After getting the disassembly file I tried to find CMP instructions inside it.
Instructions starting from the 0x6B3 offset attempt to compare the content of the CL register with printable ASCII chars which form the Good_Game_! string. I thought that I found the flag and that this task does not diserve 500 pts at all :D. I restarted the bootloader and entred the flag. I got "OK...You win this time..." I entred the flag in the platform but it has been rejected.
Maybe it is a side effect...Maybe it is part of the challenge...Obfuscation...But in all cases a program must accept only one string in input which is the flag.
Forget about that. Let's read again the disassembly, try to identify which parts of the bootloader is the validation routine.

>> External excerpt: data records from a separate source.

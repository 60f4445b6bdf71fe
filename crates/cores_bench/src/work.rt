//! What a core does, again and again.

ghost use Rattle.std.specs.Prelude.{IfSome};
ghost use Rattle.spk_nums.specs.CallLimits.{InLimits, MakeInLimits};

use spk_nums::{Call, CapId, EntryNo, FrameArg, FrameKind, Make, PageFlags, PageNo, Rights};

/// A kind of work. Each core has places of its own in the table at boot, eight of them, and a temporal capability of its own.
#[derive(Clone, Copy, PartialEq, Eq, Debug)]
pub enum Work {
    /// It looks at a capability that all look at.
    Look,
    /// It copies a range into a place of its own and removes it, at eight places in turn; those of a core stand on a line of the
    /// memory that no other core's stand on.
    CopyApart,
    /// The same, at places that stand beside those of the other cores.
    CopyBeside,
    /// As `CopyApart`, but what all cores copy is the capability of one object, whose references are counted.
    CopyObject,
    /// It lets a tick pass.
    Tick,
    /// It flushes.
    Flush,
    /// It maps a page, unmaps it and flushes. One core alone does this, and what is below.
    Map,
    /// It calls a component and returns.
    Call,
    /// It switches between two threads.
    Switch,
    /// It moves a tick to another core's temporal capability and back.
    Transfer,
    /// It asks for a page that is mapped.
    Touch,
    /// It delegates a tick to another core's temporal capability and back.
    Delegate,
    /// It asks whether its temporal capability preempts another core's.
    Test,
}

impl Work {
    /// The kinds that many cores do at once.
    pub fn of_many() -> [Work; 6] {
        [
            Work::Look,
            Work::CopyApart,
            Work::CopyBeside,
            Work::CopyObject,
            Work::Tick,
            Work::Flush,
        ]
    }

    /// The kinds of which one core's calls are counted and timed.
    pub fn of_one() -> [Work; 12] {
        [
            Work::Look,
            Work::CopyApart,
            Work::CopyObject,
            Work::Map,
            Work::Touch,
            Work::Tick,
            Work::Flush,
            Work::Call,
            Work::Switch,
            Work::Transfer,
            Work::Delegate,
            Work::Test,
        ]
    }

    /// What the kind is called in print.
    pub fn name(self) -> &'static str {
        match self {
            Work::Look => "look",
            Work::CopyApart => "copy and remove of a range, on lines apart",
            Work::CopyBeside => "copy and remove of a range, side by side",
            Work::CopyObject => "copy and remove of one object",
            Work::Tick => "tick",
            Work::Flush => "flush",
            Work::Map => "map, unmap and flush",
            Work::Call => "call and ret",
            Work::Switch => "switch",
            Work::Transfer => "transfer",
            Work::Touch => "touch",
            Work::Delegate => "delegate",
            Work::Test => "test",
        }
    }

    /// The word for it on the command line.
    pub fn word(self) -> &'static str {
        match self {
            Work::CopyApart => "range",
            Work::CopyBeside => "beside",
            Work::CopyObject => "object",
            Work::Map => "map",
            Work::Call => "call",
            _ => self.name(),
        }
    }

    /// How many cores a machine has at which one core does it.
    pub fn least_cores(self) -> u8 {
        match self {
            Work::Transfer | Work::Delegate | Work::Test => 2,
            _ => 1,
        }
    }

    /// The call of core 0 after so many that comes before the work, if there is one more.
    pub fn call_before(self, made: u32) -> Option<Call>
        ensures { IfSome result InLimits }
    {
        match (self, made) {
            (Work::Map | Work::Touch, 0) => Some(retype(8, FrameKind::Kernel)),
            (Work::Map | Work::Touch, 1) => Some(make(Make::Pleaf, 8, 21)),
            (Work::Map | Work::Touch, 2) => Some(Call::Grow {
                t: CapId::new(2),
                i: EntryNo::new(0),
                l: CapId::new(21),
            }),
            (Work::Map | Work::Touch, 3) => Some(retype(9, FrameKind::User)),
            (Work::Touch, 4) => Some(map_or_unmap(0)),
            (Work::Call, 0) => Some(retype(10, FrameKind::Kernel)),
            (Work::Call, 1) => Some(make_comp()),
            (Work::Call, 2) => Some(Call::Gate {
                c: CapId::new(22),
                t: CapId::new(1),
                b: CapId::new(23),
            }),
            (Work::Switch, 0) => Some(retype(8, FrameKind::Kernel)),
            (Work::Switch, 1) => Some(make_thread()),
            _ => None,
        }
    }

    /// The call that a core, of 0 to 3, makes after so many.
    pub fn call(self, core: u8, made: u32) -> Call
        ensures { InLimits result }
    {
        let lane = (core % 4) as u16;
        let turn = (made / 2 % 8) as u16;
        let even = made % 2 == 0;
        let (tcap, other) = if even { (12, 13) } else { (13, 12) };
        match self {
            Work::Look => Call::Look { a: CapId::new(0) },
            Work::CopyApart => copy_or_remove(0, 24 + 8 * lane + turn, even),
            Work::CopyBeside => copy_or_remove(0, 24 + 4 * turn + lane, even),
            Work::CopyObject => copy_or_remove(1, 24 + 8 * lane + turn, even),
            Work::Tick => Call::Tick { n: 1 },
            Work::Flush => Call::Flush,
            Work::Map => map_or_unmap(made % 3),
            Work::Call if even => Call::Call { g: CapId::new(23) },
            Work::Call => Call::Ret,
            Work::Switch => Call::Switch {
                h: CapId::new(if even { 20 } else { 4 }),
                q: CapId::new(12),
            },
            Work::Touch => Call::Touch { v: PageNo::new(5) },
            Work::Transfer => Call::Transfer {
                a: CapId::new(tcap),
                b: CapId::new(other),
                m: 1,
            },
            Work::Delegate => Call::Delegate {
                a: CapId::new(tcap),
                b: CapId::new(other),
                m: 1,
            },
            Work::Test => Call::Test {
                a: CapId::new(12),
                b: CapId::new(13),
            },
        }
    }
}

// A copy of the capability into the place, or its removal from there.
fn copy_or_remove(a: u16, place: u16, copies: bool) -> Call
    ensures { InLimits result }
{
    let t = CapId::new(1);
    let b = CapId::new(place);
    if copies {
        Call::Copy {
            a: CapId::new(a),
            t,
            b,
            rights: Rights::both(),
        }
    } else {
        Call::Remove { t, b }
    }
}

// The calls on page 5, in turn.
fn map_or_unmap(turn: u32) -> Call
    ensures { InLimits result }
{
    let p = CapId::new(2);
    let v = PageNo::new(5);
    match turn {
        0 => Call::Map {
            p,
            v,
            r: CapId::new(0),
            f: FrameArg::new(9),
            w: PageFlags::of_bits(3),
        },
        1 => Call::Unmap { p, v },
        _ => Call::Flush,
    }
}

fn retype(f: u16, k: FrameKind) -> Call
    ensures { InLimits result }
{
    Call::Retype {
        r: CapId::new(0),
        f: FrameArg::new(f),
        k,
    }
}

fn make(what: Make, frame: u16, slot: u16) -> Call
    requires { MakeInLimits what }
    ensures { InLimits result }
{
    Call::Make {
        what,
        range: CapId::new(0),
        frame: FrameArg::new(frame),
        table: CapId::new(1),
        slot: CapId::new(slot),
    }
}

// A component with the table and the pages of the start.
fn make_comp() -> Call
    ensures { InLimits result }
{
    let what = Make::Comp {
        table: CapId::new(1),
        pages: CapId::new(2),
        live: 5,
    };
    make(what, 10, 22)
}

fn make_thread() -> Call
    ensures { InLimits result }
{
    let what = Make::Thread {
        comp: CapId::new(3),
    };
    make(what, 8, 20)
}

The idea which came across my mind is to search for instructions blocks that try to load bytes from memory and do baisc operations on it.
I found the following block:
0x69b: 57 push edi
0x69c: 50 push eax
0x69d: 56 push esi
0x69e: 53 push ebx
0x69f: 83 f8 00 cmp eax, 0x0
0x6a2: 74 19 jz 0x6bd
0x6a4: 8a 0f mov cl, byte [ edi ]
0x6a6: 8a 16 mov dl, byte [ esi ]
0x6a8: 30 d1 xor cl, dl
0x6aa: 88 0f mov byte [ edi ], cl
0x6ac: 48 dec eax
0x6ad: 4b dec ebx
0x6ae: 47 inc edi
0x6af: 46 inc esi
0x6b0: 83 fb 00 cmp ebx, 0x0
0x6b3: 7f ea jg 0x69f
This block is used to decrypt the output messages
and it is also used to encrypt the input flag.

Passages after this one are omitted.